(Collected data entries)
# # # # #
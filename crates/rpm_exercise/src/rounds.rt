//! The changes of the exercise, round by round.

ghost use Rattle.std.specs.Prelude.{◌≡◌, ◌+◌, ◌<◌, ◌≤◌, [], ◌∷◌, true, IfOk, IfErr};
ghost use Rattle.rpm_exercise.specs.Prelude.{change_at, changes, changes_after, GathersThrough, holds, IsGathering, HasTarget, IsReady, made_blob, round_changes, state_in, round_turn, ChangesProgress};

use crate::headers::generated;
use rpm_change::{halt_of, put_within, take_within};
use rpm_db::{Batch, Db};
use rpm_effects::{Halt, IDLE, Tally};
use rpm_outside::Disk;
use std::alloc::Global;

/// What is done with the headers, one after the other.
#[derive(Clone, Copy)]
pub enum Round {
    /// Each is added.
    Adding,
    /// Each third is replaced.
    Replacing,
    /// Each fifth is erased.
    Erasing,
}

/// Puts header `i` with the leading number `m` under a new number, or in place of the package that a number has.
fn put_one<D: Disk>(
    alloc: Global,
    db: &mut Db,
    disk: &mut D,
    batch: &mut Batch,
    number: Option<u32>,
    i: u32,
    m: u32,
) -> Result<Tally, Halt>
    requires small { i < 4294967295 }
    requires gathering { IsGathering D.Disk disk.old db.old batch.old }
    requires held { HasTarget number db.old }
    ensures went { GathersThrough D.Disk (change_at number (made_blob i m) ∷ []) disk.old disk.new db.old db.new batch.old batch.new result }
    ensures few { IfOk result (λ tally. tally.changes ≤ 1) }
{
    let blob = generated(alloc, i, m)?;
    put_within(alloc, db, disk, batch, number, &blob)
}

/// The number of header `i`. It was given before, so a package has it.
fn number_of(db: &Db, b: u32, i: u32) -> Result<u32, Halt>
    ensures value { IfOk result (λ number. number ≡ b + i) }
    ensures held { IfOk result (λ number. holds number db.now ≡ true) }
    ensures kinds { IfErr result (λ halt. halt ≡ Halt.NoMemory) }
{
    match b.checked_add(i) {
        Some(number) if db.holds(number) => Ok(number),
        _ => Err(Halt::NoMemory),
    }
}

/// What a round does with header `i`, where `b` is the number before the first that is added.
fn take_turn<D: Disk>(
    alloc: Global,
    db: &mut Db,
    disk: &mut D,
    batch: &mut Batch,
    round: Round,
    b: u32,
    i: u32,
) -> Result<Tally, Halt>
    requires small { i < 4294967295 }
    requires gathering { IsGathering D.Disk disk.old db.old batch.old }
    ensures went { GathersThrough D.Disk (round_turn round b i) disk.old disk.new db.old db.new batch.old batch.new result }
    ensures few { IfOk result (λ tally. tally.changes ≤ 1) }
{
    match round {
        Round::Adding => put_one(alloc, db, disk, batch, None, i, 1),
        Round::Replacing => {
            if i % 3 != 0 {
                return Ok(IDLE);
            }
            let number = number_of(db, b, i)?;
            put_one(alloc, db, disk, batch, Some(number), i, 2)
        }
        Round::Erasing => {
            if i % 5 != 0 {
                return Ok(IDLE);
            }
            let number = number_of(db, b, i)?;
            take_within(alloc, db, disk, batch, number)
        }
    }
}

/// Goes through the headers from 1 to `n`.
fn go_round<D: Disk>(
    alloc: Global,
    db: &mut Db,
    disk: &mut D,
    batch: &mut Batch,
    round: Round,
    b: u32,
    n: u32,
) -> Result<Tally, Halt>
    requires few { n ≤ 100000 }
    requires gathering { IsGathering D.Disk disk.old db.old batch.old }
    ensures went { GathersThrough D.Disk (round_changes round b n) disk.old disk.new db.old db.new batch.old batch.new result }
    ensures few { IfOk result (λ tally. tally.changes ≤ n) }
{
    let mut changes = 0u32;
    for done in 0..n {
        let tally = take_turn(alloc, db, disk, batch, round, b, done + 1)?;
        changes += tally.changes;
    }
    Ok(Tally { failed: 0, changes })
}

/// Goes through the three rounds, each from 1 to `n`.
fn go_rounds<D: Disk>(
    alloc: Global,
    db: &mut Db,
    disk: &mut D,
    batch: &mut Batch,
    b: u32,
    n: u32,
) -> Result<Tally, Halt>
    requires few { n ≤ 100000 }
    requires gathering { IsGathering D.Disk disk.old db.old batch.old }
    ensures { GathersThrough D.Disk (changes_after b n) disk.old disk.new db.old db.new batch.old batch.new result }
{
    let added = go_round(alloc, db, disk, batch, Round::Adding, b, n)?;
    let replaced = go_round(alloc, db, disk, batch, Round::Replacing, b, n)?;
    let erased = go_round(alloc, db, disk, batch, Round::Erasing, b, n)?;
    Ok(Tally {
        failed: 0,
        changes: added.changes + (replaced.changes + erased.changes),
    })
}

/// Adds the headers 1 to `n` with the leading number 1; then puts each that is divisible by 3 in its own place with the
/// leading number 2; then erases each that is divisible by 5. Each round goes by rising number. Header `i` has the
/// `i`th number after those that the database gave before. These are `n + n / 3 + n / 5` changes, and nothing fails.
///
/// One header is held at a time, below 512 bytes, and the rows of all: the changes are one batch, and the index is
/// changed and sealed once, after the last. Of `Packages.db` the blocks of each package that is replaced or erased are
/// read once. The disk may be an overlay: then all changes can be committed as one. After an `Err` the database isn't to
/// be used further. The headers and the rounds are this project's own.
///
/// # Errors
///
/// Going through the changes in order, the first that is refused decides, and of it the first of these four limits that
/// it meets:
///
/// - `NumbersSpent` where a header is to be added and the next number is 4294967295.
/// - `GenerationSpent` where the generation is 4294967295; each change raises it by one.
/// - `StoreFull` where a header, or a package in the way of its slot page, fits nowhere below 4 GiB.
/// - `IndexFull` where the rows after it need more than 268435456 units, with that number: so where the index held the
///   rows at the start.
///
/// And besides:
///
/// - `BadIndex` never where the index held the rows of the packages at the start.
/// - `DiskFault` only where the disk's count of faults rose.
/// - `NoMemory` where a header or a change finds no memory; also where a number that was given isn't there or is too
///   great, which takes a disk that doesn't keep what it is given. It answers nothing else.
pub fn change_all<D: Disk>(alloc: Global, db: &mut Db, disk: &mut D, n: u32) -> Result<Tally, Halt>
    requires few { n ≤ 100000 }
    requires ready { IsReady D.Disk disk.old db.old }
    ensures { ChangesProgress D.Disk (changes n (state_in D.Disk disk.old db.old)) disk.old disk.new db.old db.new result }
{
    let b = db.next_number().saturating_sub(1);
    let mut batch = Batch::begin(alloc, db);
    let tally = go_rounds(alloc, db, disk, &mut batch, b, n)?;
    match batch.finish(alloc, db, disk) {
        Ok(()) => Ok(tally),
        Err(fault) => Err(halt_of(fault)),
    }
}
# # # # #
▶ _Exercise brief_
The whole block of entries above should be repeated exactly.

▶ _Written reply_
filename crates/rpm_exercise/src/rounds.rt
//! The changes of the exercise, round by round.

ghost use Rattle.std.specs.Prelude.{◌≡◌, ◌+◌, ◌<◌, ◌≤◌, [], ◌∷◌, true, IfOk, IfErr};
ghost use Rattle.rpm_exercise.specs.Prelude.{change_at, changes, changes_after, GathersThrough, holds, IsGathering, HasTarget, IsReady, made_blob, round_changes, state_in, round_turn, ChangesProgress};

use crate::headers::generated;
use rpm_change::{halt_of, put_within, take_within};
use rpm_db::{Batch, Db};
use rpm_effects::{Halt, IDLE, Tally};
use rpm_outside::Disk;
use std::alloc::Global;

/// What is done with the headers, one after the other.
#[derive(Clone, Copy)]
pub enum Round {
    /// Each is added.
    Adding,
    /// Each third is replaced.
    Replacing,
    /// Each fifth is erased.
    Erasing,
}

/// Puts header `i` with the leading number `m` under a new number, or in place of the package that a number has.
fn put_one<D: Disk>(
    alloc: Global,
    db: &mut Db,
    disk: &mut D,
    batch: &mut Batch,
    number: Option<u32>,
    i: u32,
    m: u32,
) -> Result<Tally, Halt>
    requires small { i < 4294967295 }
    requires gathering { IsGathering D.Disk disk.old db.old batch.old }
    requires held { HasTarget number db.old }
    ensures went { GathersThrough D.Disk (change_at number (made_blob i m) ∷ []) disk.old disk.new db.old db.new batch.old batch.new result }
    ensures few { IfOk result (λ tally. tally.changes ≤ 1) }
{
    let blob = generated(alloc, i, m)?;
    put_within(alloc, db, disk, batch, number, &blob)
}

/// The number of header `i`. It was given before, so a package has it.
fn number_of(db: &Db, b: u32, i: u32) -> Result<u32, Halt>
    ensures value { IfOk result (λ number. number ≡ b + i) }
    ensures held { IfOk result (λ number. holds number db.now ≡ true) }
    ensures kinds { IfErr result (λ halt. halt ≡ Halt.NoMemory) }
{
    match b.checked_add(i) {
        Some(number) if db.holds(number) => Ok(number),
        _ => Err(Halt::NoMemory),
    }
}

/// What a round does with header `i`, where `b` is the number before the first that is added.
fn take_turn<D: Disk>(
    alloc: Global,
    db: &mut Db,
    disk: &mut D,
    batch: &mut Batch,
    round: Round,
    b: u32,
    i: u32,
) -> Result<Tally, Halt>
    requires small { i < 4294967295 }
    requires gathering { IsGathering D.Disk disk.old db.old batch.old }
    ensures went { GathersThrough D.Disk (round_turn round b i) disk.old disk.new db.old db.new batch.old batch.new result }
    ensures few { IfOk result (λ tally. tally.changes ≤ 1) }
{
    match round {
        Round::Adding => put_one(alloc, db, disk, batch, None, i, 1),
        Round::Replacing => {
            if i % 3 != 0 {
                return Ok(IDLE);
            }
            let number = number_of(db, b, i)?;
            put_one(alloc, db, disk, batch, Some(number), i, 2)
        }
        Round::Erasing => {
            if i % 5 != 0 {
                return Ok(IDLE);
            }
            let number = number_of(db, b, i)?;
            take_within(alloc, db, disk, batch, number)
        }
    }
}

/// Goes through the headers from 1 to `n`.
fn go_round<D: Disk>(
    alloc: Global,
    db: &mut Db,
    disk: &mut D,
    batch: &mut Batch,
    round: Round,
    b: u32,
    n: u32,
) -> Result<Tally, Halt>
    requires few { n ≤ 100000 }
    requires gathering { IsGathering D.Disk disk.old db.old batch.old }
    ensures went { GathersThrough D.Disk (round_changes round b n) disk.old disk.new db.old db.new batch.old batch.new result }
    ensures few { IfOk result (λ tally. tally.changes ≤ n) }
{
    let mut changes = 0u32;
    for done in 0..n {
        let tally = take_turn(alloc, db, disk, batch, round, b, done + 1)?;
        changes += tally.changes;
    }
    Ok(Tally { failed: 0, changes })
}

/// Goes through the three rounds, each from 1 to `n`.
fn go_rounds<D: Disk>(
    alloc: Global,
    db: &mut Db,
    disk: &mut D,
    batch: &mut Batch,
    b: u32,
    n: u32,
) -> Result<Tally, Halt>
    requires few { n ≤ 100000 }
    requires gathering { IsGathering D.Disk disk.old db.old batch.old }
    ensures { GathersThrough D.Disk (changes_after b n) disk.old disk.new db.old db.new batch.old batch.new result }
{
    let added = go_round(alloc, db, disk, batch, Round::Adding, b, n)?;
    let replaced = go_round(alloc, db, disk, batch, Round::Replacing, b, n)?;
    let erased = go_round(alloc, db, disk, batch, Round::Erasing, b, n)?;
    Ok(Tally {
        failed: 0,
        changes: added.changes + (replaced.changes + erased.changes),
    })
}

/// Adds the headers 1 to `n` with the leading number 1; then puts each that is divisible by 3 in its own place with the
/// leading number 2; then erases each that is divisible by 5. Each round goes by rising number. Header `i` has the
/// `i`th number after those that the database gave before. These are `n + n / 3 + n / 5` changes, and nothing fails.
///
/// One header is held at a time, below 512 bytes, and the rows of all: the changes are one batch, and the index is
/// changed and sealed once, after the last. Of `Packages.db` the blocks of each package that is replaced or erased are
/// read once. The disk may be an overlay: then all changes can be committed as one. After an `Err` the database isn't to
/// be used further. The headers and the rounds are this project's own.
///
/// # Errors
///
/// Going through the changes in order, the first that is refused decides, and of it the first of these four limits that
/// it meets:
///
/// - `NumbersSpent` where a header is to be added and the next number is 4294967295.
/// - `GenerationSpent` where the generation is 4294967295; each change raises it by one.
/// - `StoreFull` where a header, or a package in the way of its slot page, fits nowhere below 4 GiB.
/// - `IndexFull` where the rows after it need more than 268435456 units, with that number: so where the index held the
///   rows at the start.
///
/// And besides:
///
/// - `BadIndex` never where the index held the rows of the packages at the start.
/// - `DiskFault` only where the disk's count of faults rose.
/// - `NoMemory` where a header or a change finds no memory; also where a number that was given isn't there or is too
///   great, which takes a disk that doesn't keep what it is given. It answers nothing else.
pub fn change_all<D: Disk>(alloc: Global, db: &mut Db, disk: &mut D, n: u32) -> Result<Tally, Halt>
    requires few { n ≤ 100000 }
    requires ready { IsReady D.Disk disk.old db.old }
    ensures { ChangesProgress D.Disk (changes n (state_in D.Disk disk.old db.old)) disk.old disk.new db.old db.new result }
{
    let b = db.next_number().saturating_sub(1);
    let mut batch = Batch::begin(alloc, db);
    let tally = go_rounds(alloc, db, disk, &mut batch, b, n)?;
    match batch.finish(alloc, db, disk) {
        Ok(()) => Ok(tally),
        Err(fault) => Err(halt_of(fault)),
    }
}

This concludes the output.